This started with a WhatsApp message from a doctor friend: "Vik, I spend four hours a day on paperwork. Four hours. I became a doctor to help people, not to type."
So naturally, I decided to build an AI that could handle the documentation while doctors actually, you know, doctor.
The Problem
Here's the dirty secret of modern medicine: doctors spend more time documenting than treating. After every consultation, they need to write up symptoms, potential diagnoses, treatment plans, follow-ups. All in professional medical language, all compliant with record-keeping standards.
My doctor friend described his typical day: see a patient for 15 minutes, spend 20 minutes writing notes about it. See another patient. More notes. By the time he's done, he's exhausted and hasn't even started on the complex cases.
The existing solutions? Either prohibitively expensive enterprise software, or voice-to-text tools that produce word salad requiring heavy editing. Neither actually solved the problem.
The Stack
Building this thing required more moving parts than I initially anticipated. The core challenge: real-time transcription with speaker identification, AI that understands medical context, and a workflow doctors could actually use during consultations.
Frontend: Next.js 15 with React 19. Went with the App Router because I apparently enjoy pain. TailwindCSS and Shadcn UI for the interface. The whole thing needs to work on tablets since doctors don't sit at desks during consultations.
Backend: Firebase everything. Firestore for patient records and consultations, Firebase Auth for the access control, Firebase Functions for email automation. Firebase App Hosting for deployment because I've learned my lesson about DIY deployment nightmares.
The AI Bits: Deepgram Nova-3 handles the real-time transcription. It's genuinely impressive. Streams audio over WebSocket, returns transcribed text with speaker diarization (automatically figures out who's the doctor and who's the patient). Gemini 2.5 handles the medical analysis and report generation.
Email System: Resend with React Email templates. Sounds simple until you need webhook signature verification, retry logic with exponential backoff, and rate limit handling. Nothing is ever simple.
The Hard Parts
Every project has that moment where you question all your life choices. Mediate had several.
WebSocket Reliability: The initial production deployment was a disaster. Transcription worked perfectly in development, then failed mysteriously in production. Turns out, routing WebSocket connections through Firebase Functions added latency and created weird race conditions.
The fix: unified WebSocket architecture that connects directly to Deepgram in both environments. Environment-aware API key handling (client-side for dev, server-provided for production). Sounds obvious in retrospect. Took me three weeks to figure out.
Report Generation Speed: The first version took 10-15 seconds to generate a report. Doctors would finish a consultation, click "Generate Report," then sit there watching a spinner. Terrible UX.
I optimised the prompts, switched to Gemini Flash for the initial analysis (saving Pro for the final report), and reduced unnecessary context. Got it down to under 2 seconds. A 95% improvement that took embarrassingly long to achieve.
The TypeScript Nightmare: At one point, I had 210 linting errors blocking deployment. Two hundred and ten. The codebase had grown organically (read: messily), and TypeScript was not having it.
I spent a week doing nothing but creating proper interface definitions. ReviewedConsultationData with nested types for symptoms, diagnoses, questions, and follow-ups. Probably should have done that from the start. Hindsight is cruel.
Patient Data Flow: Complex consultation workflows caused patient information to mysteriously vanish between steps. Data would disappear between patient selection and the final report. A ghost in the machine.

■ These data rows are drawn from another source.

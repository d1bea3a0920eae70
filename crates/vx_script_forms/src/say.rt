ghost use Rattle.std.specs.Prelude.{◌≡◌, IfOk};
ghost use Rattle.vx_script_forms.specs.FormOf.{concat_of, with_mirrors, concat_attrs, stripe_attrs, assist_make, form_of};

use crate::values::{byte, maybe_named, maybe_numbered, maybe_small, small};
use crate::{
    Act, Block, Boxed, Bytes, Call, Form, Kind, Lines, MakeAttrs, WordLayout, WordPolicy,
    maybe_boxed,
};
use std::alloc::Global;
use vx_base::OutOfMemory;
use vx_names::Name;
use vx_script_words::Value::{Blocks, BreakOff, Named, Number, Pair, Pairs};
use vx_script_words::{Names, Value};

/// The form that the values of a line say. There is none where they are not those of the kind. Those of calls stand
/// apart, since a script may have a million, and a function pays for all the forms that it may make.
pub fn form_of(alloc: Global, kind: Kind, values: &[Value]) -> Result<Option<Form>, OutOfMemory>
    ensures { IfOk result (λ found. found ≡ form_of kind values.now) }
{
    match kind {
        Kind::Read => read_form(values),
        Kind::Fill => fill_form(values),
        Kind::Data => data_form(alloc, values),
        _ => any_form(alloc, kind, values),
    }
}

/// What is said; where nothing is, there is no form.
macro_rules! said {
    ($value:expr) => {
        match $value {
            Some(value) => value,
            None => return Ok(None),
        }
    };
}

/// What is found where the values are these; for others there is no form.
macro_rules! found {
    ($values:expr; $pattern:pat => $found:expr) => {
        match $values {
            $pattern => $found,
            _ => Ok(None),
        }
    };
}

/// The form where the values are these.
macro_rules! form {
    ($values:expr; $pattern:pat => $form:expr) => {
        found!($values; $pattern => Ok(Some($form)))
    };
}

#[inline(never)]
fn any_form(alloc: Global, kind: Kind, values: &[Value]) -> Result<Option<Form>, OutOfMemory>
    ensures { IfOk result (λ found. found ≡ form_of kind values.now) }
{
    match kind {
        Kind::MkImage => form!(*values; [_, _, Named(device), Number(length), ..] =>
            Form::MkImage { device, length }),
        Kind::Bare => form!(*values; [_, _, Named(vol), Named(device), ..] =>
            Form::Bare { vol, device }),
        Kind::DgInit => form!(*values; [_, _, _, Named(dg), Pairs(ref disks), ..] =>
            Form::DgInit { dg, disks: disks.copy(alloc)? }),
        Kind::DgAddDisk => form!(*values; [_, _, _, Named(dg), _, Pair(disk), ..] =>
            Form::DgAddDisk { dg, disk: Boxed::new(alloc, disk)? }),
        Kind::DgImport => form!(*values; [_, _, _, Named(dg), ..] => Form::DgImport { dg }),
        Kind::DgDeport => form!(*values; [_, _, _, Named(dg), ..] => Form::DgDeport { dg }),
        Kind::DiskUnsetup => form!(*values; [_, _, Named(device), ..] =>
            Form::DiskUnsetup { device }),
        Kind::VxMake => Ok(Some(Form::VxMake {
            text: Bytes::from_vec(Vec::new(alloc)),
        })),
        Kind::PrintM => form!(values; [_, _, _, vol, ..] =>
            Form::PrintM { vol: said!(maybe_named(vol)) }),
        Kind::PrintHt => form!(values; [_, _, _, vol, ..] =>
            Form::PrintHt { vol: said!(maybe_named(vol)) }),
        Kind::MakeConcat =>
            found!(values; [_, _, _, Named(vol), Number(length), words, mirrors, size, logs, Value::Names(disks), ..] =>
            assist_make(alloc, *vol, *length, concat_attrs(words, mirrors, size, logs), disks)),
        Kind::MakeStripe =>
            found!(values; [_, _, _, Named(vol), Number(length), _, columns, unit, mirrors, size, logs, Value::Names(disks), ..] =>
            assist_make(alloc, *vol, *length, stripe_attrs(columns, unit, mirrors, size, logs), disks)),
        Kind::Mirror => form!(*values; [_, _, _, Named(vol), Value::Names(ref disks), ..] =>
            Form::Mirror { vol, disks: disks.copy(alloc)? }),
        Kind::RemoveVolume => form!(*values; [_, _, _, _, Named(vol), ..] =>
            Form::RemoveVolume { vol }),
        Kind::Start => form!(*values; [_, _, _, Named(vol), ..] => Form::Start { vol }),
        Kind::Stop => form!(*values; [_, _, _, Named(vol), ..] => Form::Stop { vol }),
        Kind::RdpolRound => form!(*values; [_, _, _, _, Named(vol), ..] =>
            Form::Rdpol { vol, policy: WordPolicy::Round }),
        Kind::RdpolSelect => form!(*values; [_, _, _, _, Named(vol), ..] =>
            Form::Rdpol { vol, policy: WordPolicy::Select }),
        Kind::RdpolPrefer => form!(*values; [_, _, _, _, Named(vol), Named(plex), ..] =>
            Form::Rdpol { vol, policy: WordPolicy::Prefer(plex) }),
        Kind::PlexDis => form!(*values; [_, _, _, Named(plex), ..] =>
            Form::PlexDis { plex, rm: false }),
        Kind::PlexDisRm => form!(*values; [_, _, _, _, _, Named(plex), ..] =>
            Form::PlexDis { plex, rm: true }),
        Kind::Prepare => form!(*values; [_, _, _, Named(vol), ref logs, ref size, ..] =>
            Form::Prepare { vol, ndcomirs: said!(maybe_numbered(logs)), region: said!(maybe_numbered(size)) }),
        Kind::Unprepare => form!(*values; [_, _, _, Named(vol), ..] => Form::Unprepare { vol }),
        Kind::AddMir => form!(*values; [_, _, _, Named(vol), Value::Names(ref disks), ..] =>
            Form::AddMir { vol, disks: disks.copy(alloc)? }),
        Kind::Dis => form!(*values; [_, _, _, Named(snap), ..] => Form::Dis { snap }),
        Kind::Split => form!(*values; [_, _, _, Named(snap), ..] => Form::Split { snap }),
        Kind::PrintSnaps => form!(values; [_, _, _, vol, ..] =>
            Form::PrintSnaps { vol: said!(maybe_named(vol)) }),
        Kind::Recover => form!(values; [_, _, _, vol, ..] =>
            Form::Recover { vol: said!(maybe_named(vol)) }),
        Kind::SnapMake => form!(*values; [_, _, _, BreakOff { vol, snap, plex }, ..] =>
            Form::Acting(Act::SnapMake {
                vol: Boxed::new(alloc, vol)?,
                snap: Boxed::new(alloc, snap)?,
                plex: maybe_boxed(alloc, plex)?,
            })),
        Kind::Reattach => form!(*values; [_, _, _, Named(snap), Named(vol), ..] =>
            Form::Acting(Act::Reattach { snap, vol: Boxed::new(alloc, vol)? })),
        Kind::Restore => form!(*values; [_, _, _, Named(vol), Named(snap), ..] =>
            Form::Acting(Act::Restore { vol, snap: Boxed::new(alloc, snap)? })),
        Kind::Snapback => form!(*values; [_, _, _, Named(snap), ..] =>
            Form::Acting(Act::Snapback { snap, from_replica: false })),
        Kind::SnapbackFromReplica => form!(*values; [_, _, _, _, _, Named(snap), ..] =>
            Form::Acting(Act::Snapback { snap, from_replica: true })),
        Kind::PlexDet => form!(*values; [_, _, _, Named(plex), ..] =>
            Form::Acting(Act::PlexDet { plex })),
        Kind::PlexAtt => form!(*values; [_, _, _, Named(vol), Named(plex), ..] =>
            Form::Acting(Act::PlexAtt { vol, plex: Boxed::new(alloc, plex)? })),
        Kind::Read => read_form(values),
        Kind::Fill => fill_form(values),
        Kind::Data => data_form(alloc, values),
        Kind::Sessions => form!(values; [_, _, count, ..] =>
            Form::Sessions(Block { sessions: said!(small(count)), lines: Lines::from_vec(Vec::new(alloc)) })),
    }
}

fn read_form(values: &[Value]) -> Result<Option<Form>, OutOfMemory>
    ensures { IfOk result (λ found. found ≡ form_of Kind.Read values.now) }
{
    form!(*values; [_, _, Named(vol), Number(start), Number(count), ..] =>
        Form::Calling(Call::Read { vol, start, count }))
}

fn fill_form(values: &[Value]) -> Result<Option<Form>, OutOfMemory>
    ensures { IfOk result (λ found. found ≡ form_of Kind.Fill values.now) }
{
    form!(*values; [_, _, Named(vol), Number(start), Number(count), _, ref filling, ..] =>
        Form::Calling(Call::Fill { vol, start, count, byte: said!(byte(filling)) }))
}

fn data_form(alloc: Global, values: &[Value]) -> Result<Option<Form>, OutOfMemory>
    ensures { IfOk result (λ found. found ≡ form_of Kind.Data values.now) }
{
    form!(*values; [_, _, Named(vol), Number(start), _, Blocks(ref blocks), ..] =>
        Form::Calling(Call::Data { vol, start, blocks: blocks.copy(alloc)? }))
}

fn concat_of(value: &Value) -> Option<Option<WordLayout>>
    ensures { result ≡ concat_of value.now }
{
    match value {
        Value::Nothing => Some(None),
        Value::Word => Some(Some(WordLayout::Concat)),
        _ => None,
    }
}

fn concat_attrs(words: &Value, mirrors: &Value, size: &Value, logs: &Value) -> Option<MakeAttrs>
    ensures { result ≡ concat_attrs words.now mirrors.now size.now logs.now }
{
    let layout = concat_of(words)?;
    with_mirrors(layout, None, None, mirrors, size, logs)
}

fn stripe_attrs(
    columns: &Value,
    unit: &Value,
    mirrors: &Value,
    size: &Value,
    logs: &Value,
) -> Option<MakeAttrs>
    ensures { result ≡ stripe_attrs columns.now unit.now mirrors.now size.now logs.now }
{
    let (ncol, unit) = (maybe_small(columns)?, maybe_numbered(unit)?);
    with_mirrors(Some(WordLayout::Stripe), ncol, unit, mirrors, size, logs)
}

fn with_mirrors(
    layout: Option<WordLayout>,
    ncol: Option<u32>,
    unit: Option<u64>,
    mirrors: &Value,
    size: &Value,
    logs: &Value,
) -> Option<MakeAttrs>
    ensures { result ≡ with_mirrors layout ncol unit mirrors.now size.now logs.now }
{
    let nmirror = maybe_small(mirrors)?;
    let region = maybe_numbered(size)?;
    let ndcomirror = maybe_small(logs)?;
    Some(MakeAttrs {
        layout,
        ncol,
        unit,
        nmirror,
        region,
        ndcomirror,
    })
}

fn assist_make(
    alloc: Global,
    vol: Name,
    length: u64,
    attrs: Option<MakeAttrs>,
    disks: &Names,
) -> Result<Option<Form>, OutOfMemory>
    ensures { IfOk result (λ found. found ≡ assist_make vol length attrs disks.now) }
{
    let attrs = Boxed::new(alloc, said!(attrs))?;
    let disks = disks.copy(alloc)?;
    Ok(Some(Form::AssistMake {
        vol,
        length,
        attrs,
        disks,
    }))
}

The solution was comprehensive data preservation with explicit passing between components. Created a consultation context that maintains all patient data throughout the workflow. Less elegant than I'd like, but it works.
What I Learned
Building for a regulated industry is different. Medical software has compliance requirements, legal implications, and real consequences if something goes wrong. Every AI suggestion needs doctor approval before it goes anywhere. No shortcuts.
Real-time systems are hard. The gap between "working demo" and "production-ready" is enormous. Latency matters. Error handling matters. Reconnection logic matters. All the boring stuff becomes critical.

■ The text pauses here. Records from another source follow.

ghost use Rattle.std.specs.Prelude.{◌≡◌};
ghost use Rattle.vx_script_forms.specs.Table.{head_key, kinds_of};

use crate::Kind;
use vx_script_words::Key;

/// The kinds of lines that begin with one word.
#[derive(Clone, Copy, Debug, PartialEq, Eq)]
pub enum Head {
    Read,
    Write,
    Sessions,
    MkImage,
    Bare,
    Dg,
    DiskUnsetup,
    Make,
    Print,
    Assist,
    Vol,
    Plex,
    Snap,
    Recover,
    SnapAct,
    AssistAct,
    PlexAct,
}

/// The heads of command lines, those of calls first, since a script may have a million of them.
pub const COMMANDS: [Head; 14] = [
    Head::Read,
    Head::Write,
    Head::Sessions,
    Head::MkImage,
    Head::Bare,
    Head::Dg,
    Head::DiskUnsetup,
    Head::Make,
    Head::Print,
    Head::Assist,
    Head::Vol,
    Head::Plex,
    Head::Snap,
    Head::Recover,
];

/// The heads of the calls of a block.
pub const CALLS: [Head; 2] = [Head::Read, Head::Write];

/// The heads of the acts of a block.
pub const ACTS: [Head; 3] = [Head::SnapAct, Head::AssistAct, Head::PlexAct];

/// The word that the lines begin with.
pub fn head_key(head: Head) -> Key
    ensures { result ≡ head_key head }
{
    match head {
        Head::Read => Key::Read,
        Head::Write => Key::Write,
        Head::Sessions => Key::Sessions,
        Head::MkImage => Key::MkImage,
        Head::Bare => Key::Bare,
        Head::Dg => Key::VxDg,
        Head::DiskUnsetup => Key::VxDiskUnsetup,
        Head::Make => Key::VxMake,
        Head::Print => Key::VxPrint,
        Head::Assist | Head::AssistAct => Key::VxAssist,
        Head::Vol => Key::VxVol,
        Head::Plex | Head::PlexAct => Key::VxPlex,
        Head::Snap | Head::SnapAct => Key::VxSnap,
        Head::Recover => Key::VxRecover,
    }
}

/// The kinds of these lines, in the order in which they are tried.
pub fn kinds_of(head: Head) -> &'static [Kind]
    ensures { result.now ≡ kinds_of head }
{
    match head {
        Head::Read => &[Kind::Read],
        Head::Write => &[Kind::Fill, Kind::Data],
        Head::Sessions => &[Kind::Sessions],
        Head::MkImage => &[Kind::MkImage],
        Head::Bare => &[Kind::Bare],
        Head::Dg => &[
            Kind::DgInit,
            Kind::DgAddDisk,
            Kind::DgImport,
            Kind::DgDeport,
        ],
        Head::DiskUnsetup => &[Kind::DiskUnsetup],
        Head::Make => &[Kind::VxMake],
        Head::Print => &[Kind::PrintM, Kind::PrintHt],
        Head::Assist => &[
            Kind::MakeConcat,
            Kind::MakeStripe,
            Kind::Mirror,
            Kind::RemoveVolume,
            Kind::Snapback,
            Kind::SnapbackFromReplica,
        ],
        Head::Vol => &[
            Kind::Start,
            Kind::Stop,
            Kind::RdpolRound,
            Kind::RdpolSelect,
            Kind::RdpolPrefer,
        ],
        Head::Plex => &[Kind::PlexDis, Kind::PlexDisRm, Kind::PlexDet, Kind::PlexAtt],
        Head::Snap => &[
            Kind::Prepare,
            Kind::Unprepare,
            Kind::AddMir,
            Kind::Dis,
            Kind::Split,
            Kind::PrintSnaps,
            Kind::SnapMake,
            Kind::Reattach,
            Kind::Restore,
        ],
        Head::Recover => &[Kind::Recover],
        Head::SnapAct => &[Kind::SnapMake, Kind::Reattach, Kind::Restore],
        Head::AssistAct => &[Kind::Snapback, Kind::SnapbackFromReplica],
        Head::PlexAct => &[Kind::PlexDet, Kind::PlexAtt],
    }
}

Also: doctors are surprisingly patient beta testers. My friend and his colleagues have been using the beta, reporting bugs, suggesting features, and generally being more forgiving than I deserve. Healthcare professionals deal with actual life-or-death situations daily; a occasionally buggy app doesn't faze them.
Current Status
Mediate is in beta at mediate-app.com. Version 2.9.1-beta as of writing. A handful of doctors are using it for real consultations, which is both exciting and mildly terrifying.
The core workflow is solid: record consultation, get real-time transcription with speaker identification, review AI-extracted symptoms and diagnoses, approve or edit, generate professional report. Doctors can export to PDF or plain text for their EHR systems.
Still on the roadmap: organisation support for multi-doctor practices, email delivery of reports, and integrations with existing medical record systems. The unglamorous stuff that makes software actually useful in the real world.
My friend no longer spends four hours on paperwork. He's down to about 45 minutes. That's three hours back in his day for seeing patients, or occasionally, having lunch. Progress.